INPUT:

········

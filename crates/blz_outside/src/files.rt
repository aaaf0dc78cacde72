//! A source of files that counts its faults.
ghost use Rattle.std.specs.Prelude.{◌≡◌, ◌<◌, ◌≤◌, ℕ, Bool, [], Option, IsTrue, IsSome, IsErr, IfSome, IfNone, OnSome, length, vec_len};
ghost use Rattle.blz_outside.specs.Counts.{Rose};
ghost use Rattle.blz_outside.specs.Files.{FileMap, told_bytes, OnWhole, OnMore, OnFailed, UnlessFailed};
ghost use Rattle.blz_outside.specs.declared.files.ReadFail.TheVariants.{NoMemory};

use std::alloc::AllocError;
use thiserror::Error;

/// The answer of a read that didn't fail.
#[derive(Clone, Copy, Debug, PartialEq, Eq)]
pub enum End {
    /// The whole file was read.
    Whole,

    /// The file is longer than the limit.
    More,
}

/// Why a read failed.
#[derive(Debug, Drop, PartialEq, Eq, Error)]
pub enum ReadFail {
    /// The file isn't there or couldn't be read. The source counted a fault.
    #[error("the file could not be read")]
    Failed,

    /// Memory ran out. No fault was counted.
    #[error("out of memory")]
    NoMemory,
}

impl From<AllocError> for ReadFail {
    ghost from_gives = { λ _ fail. fail ≡ NoMemory };

    fn from(_fault: AllocError) -> ReadFail {
        ReadFail::NoMemory
    }
}

/// A source of files.
pub trait Files {
    /// The bytes of each file by its name, where they are told.
    ghost held: { Self → Option FileMap };

    /// Whether reads fail only for want of the file.
    ghost steady: { Self → Bool };

    /// The count of the reads that failed.
    ghost faults: { Self → ℕ };

    /// Reads the file of this name, where it has at most `most` bytes, in place of what `into` held.
    /// After an error nothing is said of `into`.
    fn read(&mut self, name: &str, most: usize, into: &mut Vec<u8>) -> Result<End, ReadFail>
        // A read changes neither the files nor whether the source is steady.
        ensures held { held self.new ≡ held self.old }
        ensures steady { steady self.new ≡ steady self.old }

        // `Failed` comes only where the count rose, and every other answer leaves the count.
        ensures never_falls { faults self.old ≤ faults self.new }
        ensures failed_rose { OnFailed result (Rose (faults self.old) (faults self.new)) }
        ensures others_keep { UnlessFailed result (faults self.new ≡ faults self.old) }

        // `Whole` gives the bytes of a file that has at most `most`.
        ensures whole_bytes { OnWhole result
            (IfSome (told_bytes (held self.old) name.now) (λ bytes. into.new.items ≡ bytes)) }
        ensures whole_within { OnWhole result (vec_len into.new ≤ most) }

        // `More` gives none of the bytes of a file that has more.
        ensures more_empty { OnMore result (into.new.items ≡ []) }
        ensures more_longer { OnMore result
            (IfSome (told_bytes (held self.old) name.now) (λ bytes. most < length bytes)) }

        // A steady source never fails at a file that it holds, and gives no other file.
        ensures steady_held { IsTrue (steady self.old) →
            OnSome (told_bytes (held self.old) name.now) (OnFailed result ⊥) }
        ensures steady_absent { IsTrue (steady self.old) →
            IfNone (told_bytes (held self.old) name.now) (IsErr result) };

    /// A steady source tells its files.
    ghost steady_is_told: { (files : Self) → IsTrue (steady files) → IsSome (held files) };
}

········

EXERCISE GOAL:
Write out the listing once more, matching it exactly.

EXERCISE RESPONSE:
filename crates/blz_outside/src/files.rt
repository aaaf0dc78cacde72
//! A source of files that counts its faults.
ghost use Rattle.std.specs.Prelude.{◌≡◌, ◌<◌, ◌≤◌, ℕ, Bool, [], Option, IsTrue, IsSome, IsErr, IfSome, IfNone, OnSome, length, vec_len};
ghost use Rattle.blz_outside.specs.Counts.{Rose};
ghost use Rattle.blz_outside.specs.Files.{FileMap, told_bytes, OnWhole, OnMore, OnFailed, UnlessFailed};
ghost use Rattle.blz_outside.specs.declared.files.ReadFail.TheVariants.{NoMemory};

use std::alloc::AllocError;
use thiserror::Error;

/// The answer of a read that didn't fail.
#[derive(Clone, Copy, Debug, PartialEq, Eq)]
pub enum End {
    /// The whole file was read.
    Whole,

    /// The file is longer than the limit.
    More,
}

/// Why a read failed.
#[derive(Debug, Drop, PartialEq, Eq, Error)]
pub enum ReadFail {
    /// The file isn't there or couldn't be read. The source counted a fault.
    #[error("the file could not be read")]
    Failed,

    /// Memory ran out. No fault was counted.
    #[error("out of memory")]
    NoMemory,
}

impl From<AllocError> for ReadFail {
    ghost from_gives = { λ _ fail. fail ≡ NoMemory };

    fn from(_fault: AllocError) -> ReadFail {
        ReadFail::NoMemory
    }
}

/// A source of files.
pub trait Files {
    /// The bytes of each file by its name, where they are told.
    ghost held: { Self → Option FileMap };

    /// Whether reads fail only for want of the file.
    ghost steady: { Self → Bool };

    /// The count of the reads that failed.
    ghost faults: { Self → ℕ };

    /// Reads the file of this name, where it has at most `most` bytes, in place of what `into` held.
    /// After an error nothing is said of `into`.
    fn read(&mut self, name: &str, most: usize, into: &mut Vec<u8>) -> Result<End, ReadFail>
        // A read changes neither the files nor whether the source is steady.
        ensures held { held self.new ≡ held self.old }
        ensures steady { steady self.new ≡ steady self.old }

        // `Failed` comes only where the count rose, and every other answer leaves the count.
        ensures never_falls { faults self.old ≤ faults self.new }
        ensures failed_rose { OnFailed result (Rose (faults self.old) (faults self.new)) }
        ensures others_keep { UnlessFailed result (faults self.new ≡ faults self.old) }

        // `Whole` gives the bytes of a file that has at most `most`.
        ensures whole_bytes { OnWhole result
            (IfSome (told_bytes (held self.old) name.now) (λ bytes. into.new.items ≡ bytes)) }
        ensures whole_within { OnWhole result (vec_len into.new ≤ most) }

        // `More` gives none of the bytes of a file that has more.
        ensures more_empty { OnMore result (into.new.items ≡ []) }
        ensures more_longer { OnMore result
            (IfSome (told_bytes (held self.old) name.now) (λ bytes. most < length bytes)) }

        // A steady source never fails at a file that it holds, and gives no other file.
        ensures steady_held { IsTrue (steady self.old) →
            OnSome (told_bytes (held self.old) name.now) (OnFailed result ⊥) }
        ensures steady_absent { IsTrue (steady self.old) →
            IfNone (told_bytes (held self.old) name.now) (IsErr result) };

    /// A steady source tells its files.
    ghost steady_is_told: { (files : Self) → IsTrue (steady files) → IsSome (held files) };
}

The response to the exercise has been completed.